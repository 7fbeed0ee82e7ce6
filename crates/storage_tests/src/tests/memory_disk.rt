//! Small disks, with values worked out by hand.

use super::expected::{all, assert_device, assert_length, assert_reads, assert_same, write};
use rr_disk::{Area, Disk, FailingDisk, MemDisk};

#[test]
fn a_crash_fills_loose_bytes_in_turn(rt: HostRuntime) {
    let alloc = rt.alloc();
    let mut disk = MemDisk::new(alloc);
    write(&rt, &mut disk, Area::First, 0, &[1, 2, 3]);
    disk.sync().expect(&rt, "a sync");
    write(&rt, &mut disk, Area::First, 1, &[8, 9]);
    write(&rt, &mut disk, Area::Second, 0, &[7, 7]);
    let back = disk.read(alloc, Area::First, 1, 9).expect(&rt, "a read");
    assert_same(&rt, &back, &[8, 9], "the back of area 0");
    disk.crash(2, 1, &[0xA5, 0x5A]);
    assert_length(&rt, &disk, Area::First, 3);
    let first = all(&rt, alloc, &mut disk, Area::First);
    assert_same(&rt, &first, &[1, 0xA5, 0x5A], "area 0");
    let second = all(&rt, alloc, &mut disk, Area::Second);
    assert_same(&rt, &second, &[0xA5], "area 1");
    let written = disk.write_at(Area::Second, 2, &[1]);
    assert_device(&rt, written, "a write past the end");
}

#[test]
fn a_failing_write_leaves_its_fill(rt: HostRuntime) {
    let alloc = rt.alloc();
    let mut disk = FailingDisk::new(MemDisk::new(alloc));
    write(&rt, &mut disk, Area::First, 0, &[1, 2]);
    disk.fail_next([0xAA, 0xBB].to_vec(alloc).expect(&rt, "memory"));
    let written = disk.write_at(Area::First, 1, &[3, 4, 5]);
    assert_device(&rt, written, "a failing write");
    let first = all(&rt, alloc, &mut disk, Area::First);
    assert_same(&rt, &first, &[1, 0xAA, 0xBB, 0xAA], "area 0");
    disk.fail_next(Vec::new(alloc));
    assert_device(&rt, disk.sync(), "a failing sync");
    disk.fail_next(Vec::new(alloc));
    let written = disk.write_at(Area::First, 0, &[6]);
    assert_device(&rt, written, "a failing write");
    let mut below = disk.into_below();
    assert_reads(&rt, alloc, &mut below, Area::First, 0, &[6]);
}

Task objective = Repeat every entry word for word.

Response below =
repository 7fbeed0ee82e7ce6
filename crates/storage_tests/src/tests/memory_disk.rt
//! Small disks, with values worked out by hand.

use super::expected::{all, assert_device, assert_length, assert_reads, assert_same, write};
use rr_disk::{Area, Disk, FailingDisk, MemDisk};

#[test]
fn a_crash_fills_loose_bytes_in_turn(rt: HostRuntime) {
    let alloc = rt.alloc();
    let mut disk = MemDisk::new(alloc);
    write(&rt, &mut disk, Area::First, 0, &[1, 2, 3]);
    disk.sync().expect(&rt, "a sync");
    write(&rt, &mut disk, Area::First, 1, &[8, 9]);
    write(&rt, &mut disk, Area::Second, 0, &[7, 7]);
    let back = disk.read(alloc, Area::First, 1, 9).expect(&rt, "a read");
    assert_same(&rt, &back, &[8, 9], "the back of area 0");
    disk.crash(2, 1, &[0xA5, 0x5A]);
    assert_length(&rt, &disk, Area::First, 3);
    let first = all(&rt, alloc, &mut disk, Area::First);
    assert_same(&rt, &first, &[1, 0xA5, 0x5A], "area 0");
    let second = all(&rt, alloc, &mut disk, Area::Second);
    assert_same(&rt, &second, &[0xA5], "area 1");
    let written = disk.write_at(Area::Second, 2, &[1]);
    assert_device(&rt, written, "a write past the end");
}

#[test]
fn a_failing_write_leaves_its_fill(rt: HostRuntime) {
    let alloc = rt.alloc();
    let mut disk = FailingDisk::new(MemDisk::new(alloc));
    write(&rt, &mut disk, Area::First, 0, &[1, 2]);
    disk.fail_next([0xAA, 0xBB].to_vec(alloc).expect(&rt, "memory"));
    let written = disk.write_at(Area::First, 1, &[3, 4, 5]);
    assert_device(&rt, written, "a failing write");
    let first = all(&rt, alloc, &mut disk, Area::First);
    assert_same(&rt, &first, &[1, 0xAA, 0xBB, 0xAA], "area 0");
    disk.fail_next(Vec::new(alloc));
    assert_device(&rt, disk.sync(), "a failing sync");
    disk.fail_next(Vec::new(alloc));
    let written = disk.write_at(Area::First, 0, &[6]);
    assert_device(&rt, written, "a failing write");
    let mut below = disk.into_below();
    assert_reads(&rt, alloc, &mut below, Area::First, 0, &[6]);
}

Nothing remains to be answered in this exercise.